Rents account for almost 20% of our social product, which alone shows its great significance. I consider the current rental law to be one of the most damaging regulations in Switzerland. According to the basic idea of the law, rents should be based on historical land prices and construction costs, but the rising demand for housing space should not play a role. As a substitute for the levered out market, the development of rents has been linked to interest rates by law.

But that makes sense, because lower interest rates mean lower costs for the landlord/landlady.
But the housing stock does not change in the short term with the interest rate. The fixed interest rate follows no economic logic, but a legal one. As it gives false incentives, it leads to huge losses in the well-being of all of us, and it is not «fair» either. Capping the rents inevitably ends in rationing.

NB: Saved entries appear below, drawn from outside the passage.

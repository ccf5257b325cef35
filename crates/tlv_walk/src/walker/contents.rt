//! How a walker takes the contents of primitives, and padding.
ghost use Rattle.std.specs.Prelude.{◌≡◌, ◌≢◌, ◌<◌, ◌≤◌, [], All, IfSome, Some, length, slice_get, take, true};
ghost use Rattle.tlv_walk.specs.declared.event.Step.TheVariants as step;
ghost use Rattle.tlv_walk.specs.WalkerState.{Between, InBitString, InPrimitive};
ghost use Rattle.tlv_walk.specs.Walker.{IsWithinInputLimit};
ghost use Rattle.tlv_walk.specs.Private.WalkerCalls.{EndsBeyond, UsesUp};
ghost use Rattle.tlv_walk.specs.Private.Yields.{EndsElement, Steps};

use super::{Phase, Walker};
use crate::{Event, Step};
use tlv_head::FaultCode;

impl Walker<'_> {
    /// The number of contents octets of the open primitive that are still to come, if the piece has some of them and
    /// nothing else, and does not have all.
    #[inline(always)]
    pub(crate) fn left_beyond(&self, piece: &[u8]) -> Option<u64>
        ensures { IfSome result (λ left. EndsBeyond self.now left piece.now) }
    {
        let Phase::InPrimitive(left) = self.phase else {
            return None;
        };
        if piece.is_empty() || piece.len() as u64 >= left {
            return None;
        }
        Some(left)
    }

    /// Takes contents of a primitive.
    #[inline(always)]
    pub(crate) fn contents<'a>(&mut self, left: u64, piece: &mut &'a [u8]) -> Event<'a>
        requires phase { self.old.phase ≡ InPrimitive left }
        requires some { (0 < left) × (piece.old.now ≢ []) }
        requires limit { IsWithinInputLimit self.old piece.old.now }
        ensures steps { Steps self.old self.new piece.old.now piece.new.now (step.Event result) }
        ensures used_up { length piece.old.now < left → UsesUp self.new piece.new.now }
    {
        let octets: &'a [u8] = *piece;
        let count = left.min(octets.len() as u64);
        let (front, rest) = octets.split_at(count as usize);
        *piece = rest;
        self.offset += count;
        self.phase = Phase::InPrimitive(left - count);
        self.events += 1;
        Event::Bytes(front)
    }

    /// The end of a primitive whose contents have all come.
    #[inline(always)]
    pub(super) fn end_primitive<'a>(&mut self) -> Event<'a>
        requires { self.old.phase ≡ InPrimitive 0 }
        ensures { EndsElement self.old self.new result }
    {
        self.events += 1;
        self.phase = Phase::Between;
        Event::End
    }

    /// Takes the padding with which the piece begins.
    pub(super) fn padding<'a>(&mut self, piece: &mut &'a [u8]) -> Event<'a>
        requires phase { self.old.phase ≡ Between }
        requires zero { slice_get piece.old.now 0 ≡ Some 0 }
        requires limit { IsWithinInputLimit self.old piece.old.now }
        requires top { self.old.stack ≡ [] }
        requires padding { self.old.framing.padding ≡ true }
        ensures { Steps self.old self.new piece.old.now piece.new.now (step.Event result) }
    {
        let octets: &'a [u8] = *piece;
        let count = zeros(octets);
        let (front, rest) = octets.split_at(count);
        *piece = rest;
        self.offset += count as u64;
        self.events += 1;
        Event::Pad(front)
    }

    /// Takes the first contents octet of a BIT STRING that holds encodings.
    pub(super) fn unused_octet<'a>(&mut self, piece: &mut &'a [u8]) -> Step<'a>
        requires phase { self.old.phase ≡ InBitString }
        requires limit { IsWithinInputLimit self.old piece.old.now }
        ensures { Steps self.old self.new piece.old.now piece.new.now result }
    {
        let octets: &'a [u8] = *piece;
        let [octet, rest @ ..] = octets else {
            return Step::NeedMore;
        };
        if *octet != 0 {
            return self.refuse(FaultCode::BadInside);
        }
        *piece = rest;
        self.offset += 1;
        self.events += 1;
        self.phase = Phase::Between;
        Step::Event(Event::Unused)
    }
}

/// The number of octets `00` at the start.
fn zeros(octets: &[u8]) -> usize
    ensures within { result ≤ length octets.now }
    ensures zeros { All (λ x. x ≡ 0) (take result octets.now) }
    ensures some { slice_get octets.now 0 ≡ Some 0 → 0 < result }
    ensures all { slice_get octets.now result ≢ Some 0 }
{
    let mut count = 0;
    while count < octets.len() && octets[count] == 0 {
        count += 1;
    }
    count
}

What once used to be food stamps are today the occupancy rules in social housing.

But if demand alone would determine the level of rents, would they not be much higher?
No, on the contrary, the rents would be lower than the new rents today, because the housing stock would be better used and the range of housing space expanded. What we see today is a classic insider outsider phenomenon. If you rent a flat, you benefit from declining rents because of falling interest rates, although living space has become scarcer. Therefore, no one terminates a long-term lease on a coveted location (especially in the cities) if they do not have to. Meanwhile, the small portion of vacant flats encounters a strong demand from newcomers. This leads to overshooting rents in the free part of the market.

What is the problem with that?
The wedge between the insiders (resident old tenants) and the outsiders (newcomers, mobile households, young families) is getting increasingly bigger. But that is «only» the injustice. The «cake of prosperity» as a whole shrinks as well, among other things, because the mobility sinks. Many tenants live in dwellings that are no longer suitable because the move to another flat is punished. That some people sublet their flats through Airbnb is one of the visible symptoms of this condition.

Then how could the housing market be improved?
We suggest a market with rental periods of different lengths, analogous to the market for fixed-rate mortgages with different maturities. So there would be a price for 2-year leases, for 5-year-leases, etc. During the term, the rent would be fixed or staggered. This protects tenants from malpractice. In this way, a functioning housing market could emerge without the described negative phenomena, for the benefit of all.

How would landlords/landladies benefit?
At the moment the old tenants earn a pension in the economic sense, although they are not the owners of the used property. Many behave and feel like owners, as the Airbnb example shows. The Homo oeconomicus rears his/her head.

So you are in favour of deregulation?
We are not in favour of a complete deregulation, but there are much better models to arrange the housing market while protecting the tenants at the same time. A deregulation of the housing market is definitely needed, with more market elements.